The front garden aims to become as beautiful as it used to be.

The front garden aims to become as beautiful as it used to be.

Gardening was never on my list of hobbies. Yard space did not appeal to me when I considered owning a home. So how did I become interested in gardening in my senior years?

My mother gets most of the credit. When I moved in with her in 2012 to become her caregiver, seldom did someone visit without mentioning how beautiful her yard used to be, when she was active. She planted both flowers and vegetables. After her death, I considered her garden to be a part of her legacy.

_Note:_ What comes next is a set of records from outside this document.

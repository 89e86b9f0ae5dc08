//! Answers of connections, one after another in one piece of memory.
ghost use Rattle.std.specs.Prelude.{◌≡◌, ◌≤◌, ◌<◌, ◌-◌, ◌++◌, [], ◌∷◌, length, IfOk, option_copied, slice_get, slice_range};
ghost use Rattle.pat_door.specs.Doors.{grow_last};

use std::alloc::{AllocError, Global};
use std::marker::Model;

/// What was answered on each connection, in room that was taken when it was made.
#[derive(Drop)]
pub struct Answers {
    bytes: Vec<u8>,
    // Where each answer begins. It ends where the next one begins, and the last one at the end.
    starts: Vec<usize>,
    room: usize,
    most: usize,
}

impl Model for Answers {
    ghost use Rattle.std.specs.Prelude.{◌≤◌, ◌-◌, length, vec_len, vec_capacity};
    ghost use Rattle.pat_door.specs.Memory.{AnswerState, AreInOrder, cut_at};

    ghost Value = { AnswerState };

    ghost view = { λ s. record { answers = cut_at s.starts.items s.bytes.items; room = s.room - vec_len s.bytes; unbegun = s.most - vec_len s.starts } };

    ghost invariant = { λ s. (AreInOrder s.starts.items (length s.bytes.items)) × (vec_len s.bytes ≤ s.room) × (s.room ≤ vec_capacity s.bytes)
        × (vec_len s.starts ≤ s.most) × (s.most ≤ vec_capacity s.starts) };
}

impl Answers {
    /// No answers, with room for `most` of them and for so many bytes of all of them together. It fails only for want of memory.
    pub fn new(alloc: Global, room: usize, most: usize) -> Result<Self, AllocError>
        ensures { IfOk result (λ made. made ≡ record { answers = []; room = room; unbegun = most }) }
    {
        Ok(Answers {
            bytes: Vec::with_capacity(alloc, room)?,
            starts: Vec::with_capacity(alloc, most)?,
            room,
            most,
        })
    }

    /// How many more bytes there is room for.
    pub fn room(&self) -> usize
        ensures { result ≡ self.now.room }
    {
        self.room - self.bytes.len()
    }

    /// Begins the next answer, which is empty.
    pub fn begin(&mut self)
        requires { 0 < self.old.unbegun }
        ensures { self.new ≡ record self.old { answers = self.old.answers ++ [] ∷ []; unbegun = self.old.unbegun - 1 } }
    {
        let end = self.bytes.as_slice().len();
        self.starts.push(end).unwrap();
    }

    /// Adds a piece to the last answer, where one was begun.
    pub fn add(&mut self, piece: &[u8])
        requires { length piece.now ≤ self.old.room }
        ensures { self.new ≡ record self.old { answers = grow_last piece.now self.old.answers; room = self.old.room - length piece.now } }
    {
        self.bytes.extend_from_slice(piece).unwrap();
    }

    /// The answer of this number, counted from 0, where it was begun.
    pub fn get(&self, number: usize) -> Option<&[u8]>
        ensures { option_copied result ≡ slice_get self.now.answers number }
    {
        let bytes = self.bytes.as_slice();
        let start = place_at(&self.starts, number)?;
        let end = place_at(&self.starts, number + 1).unwrap_or(bytes.len());
        Some(part(bytes, start, end))
    }
}

/// The place of this number, counted from 0, where there is one.
fn place_at(places: &[usize], number: usize) -> Option<usize>
    ensures { result ≡ slice_get places.now number }
{
    places.get(number).copied()
}

/// The bytes from one place to another.
fn part(bytes: &[u8], start: usize, end: usize) -> &[u8]
    requires ordered { start ≤ end }
    requires within { end ≤ length bytes.now }
    ensures { result.now ≡ slice_range bytes.now start end }
{
    &bytes[start..end]
}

Although my mother’s passing left me with more leisure time, gardening did not become a preference; not until health and safety restrictions caused by the COVID-19 pandemic required me to stay at home. Being homebound stirs up the desire, even in a 70-something woman, for changes in her surroundings.

1. Learning a New Skill

“Studies show that when seniors learn a new skill . . . it strengthens connection within the brain and it keeps dementia at bay.” (Twin Rivers Senior Living)

My tea garden is my pride and joy. I’m growing a variety of plants which double as seasonings and teas: lemon grass, rosemary, basil, peppermint, Mexican mint, tarragon and turmeric. My gardening coach has been teaching me how to prepare the soil, using manure. He does the planting, while I take the minor responsibilities of weeding and watering. I was surprised to learn that I can give the plants too much water; that if the soil is constantly wet, they are unable to breathe. I have also learned to read the color or discoloration of leaves as a sign that the plants have too little or too much water.

My mother started a spinach patch which is still thriving. I have learned how to harvest the leaves above the point where they join the root so that new growth occurs. My first batch of okras are blooming and I amazed at how quickly they thrive in the hot dry season. By the way, there are only two seasons for the Caribbean gardener: dry season and rainy season.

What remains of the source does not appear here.